Closed lindaxiang closed 4 years ago

lindaxiang commented 4 years ago

Hi Amaro, Thank you for developing deTiN tool and we appreciate your great job!

My understanding is that as long as we can prepare the input files conforming to the required input definition and data format, deTiN should still have the capabilities to use the input data, train the models, estimate the TiN and do the inferences.

So I am wondering if deTiN supports using SSNV/SCNA data from callers other than Broad's Mutect1 and allelicCNV?

For example,

Thank again!

-Linda

amarotaylor commented 4 years ago

Hey Linda,

Nice to e-meet you. Happy to try and help out! DeTiN is method agnostic as long as you provide the required columns the model is valid. So the answer the first question is yes. Is there any chance you could send a list of headers from an ASCAT file? My guess is that ASCAT produces this information. f is the minor allele fraction covering a segment, tau is the copy ratio of the segment, and n_probes refers to the number of exome capture probes in the region (this could be generated using BEDtools).

Best Amaro

lindaxiang commented 4 years ago

Hi Amaro, Thank you so much for the swift response. Sorry for the delay reply. Firstly, thank you for the confirmation and we are very glad that the tool will also work for the data files from other callers. We will make some efforts to head for that direction then.

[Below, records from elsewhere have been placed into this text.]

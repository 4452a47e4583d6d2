//! Which views may follow which.
ghost use Rattle.std.specs.Prelude.{◌↔◌, IsTrue};
ghost use Rattle.tablet_view.specs.Extending.{Extends};

use tablet_view::View;

/// Whether a view extends another: of one configuration, its log begins with the other's, its version is not lower, and is
/// higher where its log is longer. It takes no memory.
pub fn extends(view: &View, other: &View) -> bool
    ensures { IsTrue result ↔ Extends view.now other.now }
{
    view.begins_with(other)
        && other.version() <= view.version()
        && (view.mutations() <= other.mutations() || other.version() < view.version())
}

Secondly, ASCAT does produce multiple data files and the related are:

SegmentId Chr Start End Normal Major Allele Copy Number Normal Minor Allele Copy Number Tumour Major Allele Copy Number Tumour Minor Allele Copy Number
SNP_identifier Chromosome Position LogR segmented LogR BAF segmented BAF Copy number Minor allele Raw copy number

Note: LogR: Normalized log transform of read depth (Tumour/Normal) BAF: Allele Frequencies (Tumour/Normal)

For details, Please see the protocols paper, https://currentprotocols.onlinelibrary.wiley.com/doi/full/10.1002/cpbi.17

Thanks again! -Linda

amarotaylor commented 4 years ago

Hey Linda,

Great. I think tau corresponds to e(LogR) but centered at 2. BAF for the tumor should correspond directly to f (the min is 0 and max is 0.5?) . Hopefully that is helpful?

lindaxiang commented 4 years ago

Thank you Amaro. These information are very helpful!!